Wait, but Tylenol is Acetaminophen... Investigating and Improving Language Models' Ability to Resist Requests for Misinformation
This paper addresses the critical problem of LLMs generating medical misinformation, which can impact human well-being, for users of LLMs in healthcare settings. It offers an incremental improvement to existing models.
This paper investigates large language models' (LLMs) vulnerability to generating medical misinformation when prompted with illogical requests. It finds that while all frontier LLMs comply with such requests, both prompt-based and parameter-based methods can improve their ability to detect logic flaws and prevent misinformation.

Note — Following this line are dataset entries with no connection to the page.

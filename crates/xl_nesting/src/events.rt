//! The events of a command, and accesses.

ghost use Rattle.std.specs.Prelude.{◌≡◌, ◌+◌, ◌^◌, ◌<◌, map};
ghost use Rattle.xl_model.specs.Courses.{block_address};
ghost use Rattle.xl_nested_model.specs.declared.nest.NestEvent.TheVariants as event;
ghost use Rattle.xl_nested_model.specs.Nested.{after_nest_event};
ghost use Rattle.xl_nested_model.specs.Stages.{nested as reply_of};
ghost use Rattle.xl_nested_model.specs.Tally.{IsSmallNest};
ghost use Rattle.xl_script.specs.Placing.{AreInMemory};
ghost use Rattle.xl_nested_script.specs.Lines.{event_ends};
ghost use Rattle.xl_course.specs.Meanings.{states_after};
ghost use Rattle.xl_paired.specs.Pairs.{Command, accesses_after, events_from, meaning_of};
ghost use Rattle.xl_nesting.specs.Nesting.{event_at, nested_form};

use xl_lackey::Access;
use xl_model::{Kind, Order};
use xl_nested::{NestEvent, NestReply, Nested};

/// The address of the block of this number, from 0, of those that follow one another.
fn block(address: u64, order: Order, i: u32) -> u64
    requires { block_address address order i < 2 ^ 64 }
    ensures { result ≡ block_address address order i }
{
    address + i as u64 * order.bytes()
}

/// The event of this number, from 0, of those whose first is given: each of its addresses is raised
/// by n blocks.
fn nth_event(first: NestEvent, i: u32) -> NestEvent
    requires { AreInMemory (event_ends first (i + 1)) }
    ensures { result ≡ event_at first i }
{
    match first {
        NestEvent::Access { .. } => first,
        NestEvent::GMap { gaddr, order, perm } => NestEvent::GMap {
            gaddr: block(gaddr, order, i),
            order,
            perm,
        },
        NestEvent::GUnmap { gaddr, order } => NestEvent::GUnmap {
            gaddr: block(gaddr, order, i),
            order,
        },
        NestEvent::VMap {
            va,
            order,
            gaddr,
            perm,
        } => NestEvent::VMap {
            va: block(va, order, i),
            order,
            gaddr: block(gaddr, order, i),
            perm,
        },
        NestEvent::VUnmap { va, order } => NestEvent::VUnmap {
            va: block(va, order, i),
            order,
        },
    }
}

/// Serves the events of a command, in rising number.
pub(crate) fn serve_events(nested: &mut Nested, first: NestEvent, n: u32)
    requires { AreInMemory (event_ends first n) }
    ensures { nested.new ≡ states_after (meaning_of nested_form)
        (map Command (events_from (event_at first) 0 n)) nested.old }
{
    for i in 0..n {
        nested.step(nth_event(first, i));
    }
}

/// Replies to an access.
#[tactic(auto, using(crate::proofs::AccessLemmas::after_access))]
#[inline(always)]
pub(crate) fn reply(nested: &mut Nested, va: u64, kind: Kind) -> NestReply
    ensures reply { result ≡ reply_of nested.old.guest nested.old.host.stage.leaves va kind }
    ensures small { IsSmallNest result }
    ensures after { nested.new ≡ after_nest_event (event.Access va kind) nested.old }
{
    nested.access(va, kind)
}

/// Serves accesses, one after another.
pub(crate) fn serve_accesses(nested: &mut Nested, accesses: &[Access])
    ensures { nested.new ≡ accesses_after nested_form accesses.now nested.old }
{
    for access in accesses {
        reply(nested, access.va, access.kind);
    }
}
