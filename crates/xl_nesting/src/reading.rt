//! The reading of a script of the form.

ghost use Rattle.xl_nested_script.specs.Scripts.{NestText, nest_script_of};
ghost use Rattle.xl_nesting.specs.Cuts.{script_cut};

use std::alloc::Global;
use xl_nested_script::{NestScript, parse_nest};
use xl_paired::Parser;
use xl_script::ScriptFault;

/// The reader of scripts of a guest over a host.
#[derive(Drop)]
pub struct NestParser;

impl Parser for NestParser {
    type Script = NestScript;

    ghost Said = { NestText };

    ghost said = { λ s. s };

    ghost says = { nest_script_of };

    fn parse(alloc: Global, text: &[u8]) -> Result<NestScript, ScriptFault> {
        parse_nest(alloc, text)
    }

    ghost cut = { script_cut };
}
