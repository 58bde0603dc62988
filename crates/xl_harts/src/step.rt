//! One event of harts.

ghost use Rattle.std.specs.Prelude.{◌≡◌, ◌<◌, length};
ghost use Rattle.xl_hart_laws.specs.Laws.{IsCoherent};
ghost use Rattle.xl_hart_model.specs.Harts.{after_hart_event, hart_outcome, hart_refusal, hart_switched};
ghost use Rattle.xl_model.specs.declared.event.Event.TheVariants as event;
ghost use Rattle.xl_hart_model.specs.declared.hart.HartEvent.TheVariants as step;
ghost use Rattle.xl_hart_model.specs.declared.hart.HartOutcome.TheVariants as outcome;
ghost use Rattle.xl_harts.specs.Events.{HasSmallReplies, IsNoFence, IsServable, outcome_of, refused_by};
ghost use Rattle.xl_harts.specs.Views.{after_own, refusal_of};

use crate::harts::Harts;
use crate::refusal::space_refusal;
use xl_hart_model::{HartEvent, HartOutcome, HartRefusal};
use xl_model::{Event, Order, Perm};

impl Harts {
    /// Serves an event: an access has a reply, a command is done, or refused for the first reason
    /// that holds. Before it and after it harts are coherent: each reply to one is of a mapping
    /// that its queue leads back to, no map takes a frame that an array reaches, and the frame of
    /// each reply is in the mapping or held back. A frame in a reply is below 2^52.
    #[inline(always)]
    pub fn step(&mut self, event: HartEvent) -> HartOutcome
        requires { IsServable event }
        ensures outcome { result ≡ hart_outcome event self.old }
        ensures after { self.new ≡ after_hart_event event self.old }
        ensures coherent { IsCoherent self.old }
        ensures stays { IsCoherent self.new }
        ensures small { HasSmallReplies self.old }
    {
        self.note_coherence();
        let outcome = self.serve(event);
        self.note_coherence();
        outcome
    }

    /// Harts are coherent, and their replies are small.
    #[inline(always)]
    pub(crate) fn note_coherence(&self)
        ensures coherent { IsCoherent self.now }
        ensures small { HasSmallReplies self.now }
    {
        // Reading a field brings in the type's invariant.
        let _requests = &self.requests;
    }

    /// Serves an event; an access at once.
    #[inline(always)]
    fn serve(&mut self, event: HartEvent) -> HartOutcome
        requires { IsServable event }
        ensures outcome { result ≡ hart_outcome event self.old }
        ensures after { self.new ≡ after_hart_event event self.old }
    {
        match event {
            HartEvent::Own { event } => self.serve_own(event),
            HartEvent::Take { hart } => self.take_or_refuse(hart),
            HartEvent::Hart { hart } => self.choose_or_refuse(hart),
        }
    }

    /// Serves an event for the current hart.
    #[inline(always)]
    fn serve_own(&mut self, event: Event) -> HartOutcome
        requires { IsNoFence event }
        ensures outcome { result ≡ outcome_of event self.old }
        ensures after { self.new ≡ after_own event self.old }
    {
        match event {
            Event::Access { va, kind } => HartOutcome::Replied(self.access(va, kind)),
            _ => self.command(event),
        }
    }

    /// Serves an event for which refusals are looked for.
    #[inline(never)]
    fn command(&mut self, event: Event) -> HartOutcome
        requires { IsNoFence event }
        ensures outcome { result ≡ outcome_of event self.old }
        ensures after { self.new ≡ after_own event self.old }
    {
        match event {
            Event::Access { va, kind } => HartOutcome::Replied(self.access(va, kind)),
            Event::Map {
                space,
                va,
                order,
                perm,
            } => self.map_or_refuse(space, va, order, perm),
            Event::Unmap { space, va, order } => self.unmap_or_refuse(space, va, order),
            Event::Protect {
                space,
                va,
                order,
                perm,
            } => self.protect_or_refuse(space, va, order, perm),
            Event::Move {
                space,
                from,
                to,
                order,
            } => self.move_or_refuse(space, from, to, order),
            Event::Space { space } => self.switch_or_refuse(space),
            Event::Fence { .. } => unreachable!(),
        }
    }

    /// Serves a map, or counts the first refusal that holds.
    fn map_or_refuse(&mut self, space: u16, va: u64, order: Order, perm: Perm) -> HartOutcome
        ensures outcome { result ≡ outcome_of (event.Map space va order perm) self.old }
        ensures after { self.new ≡ after_own (event.Map space va order perm) self.old }
    {
        if let Some(refusal) = self.map_refusal(space, va, order, perm) {
            return self.refuse(refusal);
        }
        self.map(space, va, order, perm);
        HartOutcome::Done
    }

    /// Serves an unmap, or counts the first refusal that holds.
    fn unmap_or_refuse(&mut self, space: u16, va: u64, order: Order) -> HartOutcome
        ensures outcome { result ≡ outcome_of (event.Unmap space va order) self.old }
        ensures after { self.new ≡ after_own (event.Unmap space va order) self.old }
    {
        match self.change_refusal(space, va, order) {
            Ok(old) => {
                self.unmap(space, va, order, old);
                HartOutcome::Done
            }
            Err(refusal) => self.refuse(refusal),
        }
    }

    /// Serves a protect, or counts the first refusal that holds.
    fn protect_or_refuse(&mut self, space: u16, va: u64, order: Order, perm: Perm) -> HartOutcome
        ensures outcome { result ≡ outcome_of (event.Protect space va order perm) self.old }
        ensures after { self.new ≡ after_own (event.Protect space va order perm) self.old }
    {
        match self.change_refusal(space, va, order) {
            Ok(old) => {
                self.protect(space, va, order, perm, old);
                HartOutcome::Done
            }
            Err(refusal) => self.refuse(refusal),
        }
    }

    /// Serves a move, or counts the first refusal that holds.
    fn move_or_refuse(&mut self, space: u16, from: u64, to: u64, order: Order) -> HartOutcome
        ensures outcome { result ≡ outcome_of (event.Move space from to order) self.old }
        ensures after { self.new ≡ after_own (event.Move space from to order) self.old }
    {
        match self.move_refusal(space, from, to, order) {
            Ok(old) => {
                self.relocate(space, from, to, order, old);
                HartOutcome::Done
            }
            Err(refusal) => self.refuse(refusal),
        }
    }

    /// Makes a space the current hart's, or counts the refusal of one that isn't of the spec.
    fn switch_or_refuse(&mut self, space: u16) -> HartOutcome
        ensures outcome { result ≡ outcome_of (event.Space space) self.old }
        ensures after { self.new ≡ after_own (event.Space space) self.old }
    {
        if let Some(refusal) = space_refusal(&self.spec, space) {
            return self.refuse(HartRefusal::Mapping(refusal));
        }
        self.switch(space);
        HartOutcome::Done
    }

    /// Makes a space the current hart's.
    fn switch(&mut self, space: u16)
        requires { space < self.old.spec.spaces }
        ensures { self.new ≡ hart_switched space self.old }
    {
        self.harts[self.current as usize].switch(space);
        self.accepted = self.accepted.wrapping_add(1);
    }

    /// Makes a hart the current one, or counts the refusal of a number that no hart has.
    fn choose_or_refuse(&mut self, hart: u16) -> HartOutcome
        ensures outcome { result ≡ hart_outcome (step.Hart hart) self.old }
        ensures after { self.new ≡ after_hart_event (step.Hart hart) self.old }
    {
        if hart as usize >= self.harts.len() {
            return self.refuse(HartRefusal::BadHart);
        }
        self.choose(hart);
        HartOutcome::Done
    }

    /// Makes a hart the current one.
    fn choose(&mut self, hart: u16)
        requires { hart < length self.old.harts }
        ensures { self.new ≡ record self.old { current = hart } }
    {
        self.current = hart;
    }

    /// The first refusal of a take.
    fn take_refusal(&self, hart: u16) -> Option<HartRefusal>
        ensures { result ≡ hart_refusal self.now (step.Take hart) }
    {
        if hart as usize >= self.harts.len() {
            return Some(HartRefusal::BadHart);
        }
        if self.harts[hart as usize].waiting() == 0 {
            return Some(HartRefusal::NothingToTake);
        }
        None
    }

    /// A hart takes the oldest request of its queue, or the first refusal is counted.
    fn take_or_refuse(&mut self, hart: u16) -> HartOutcome
        ensures outcome { result ≡ hart_outcome (step.Take hart) self.old }
        ensures after { self.new ≡ after_hart_event (step.Take hart) self.old }
    {
        if let Some(refusal) = self.take_refusal(hart) {
            return self.refuse(refusal);
        }
        self.take_request(hart);
        HartOutcome::Done
    }

    /// Counts a refusal, and nothing else changes.
    fn refuse(&mut self, refusal: HartRefusal) -> HartOutcome
        ensures outcome { result ≡ outcome.Refused refusal }
        ensures after { self.new ≡ refused_by refusal self.old }
    {
        let place = refusal.place();
        self.refused[place] = self.refused[place].wrapping_add(1);
        HartOutcome::Refused(refusal)
    }
}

Background: Large language models (LLMs) are trained to follow directions, but this introduces a vulnerability to blindly comply with user requests even if they generate wrong information. In medicine, this could accelerate the generation of misinformation that impacts human well-being. Objectives/Methods: We analyzed compliance to requests to generate misleading content about medications in settings where models know the request is illogical. We investigated whether in-context directions and instruction-tuning of LLMs to prioritize logical reasoning over compliance reduced misinformation risk. Results: While all frontier LLMs complied with misinformation requests, both prompt-based and parameter-based approaches can improve the detection of logic flaws in requests and prevent the dissemination of medical misinformation. Conclusion: Shifting LLMs to prioritize logic over compliance could reduce risks of exploitation for medical misinformation.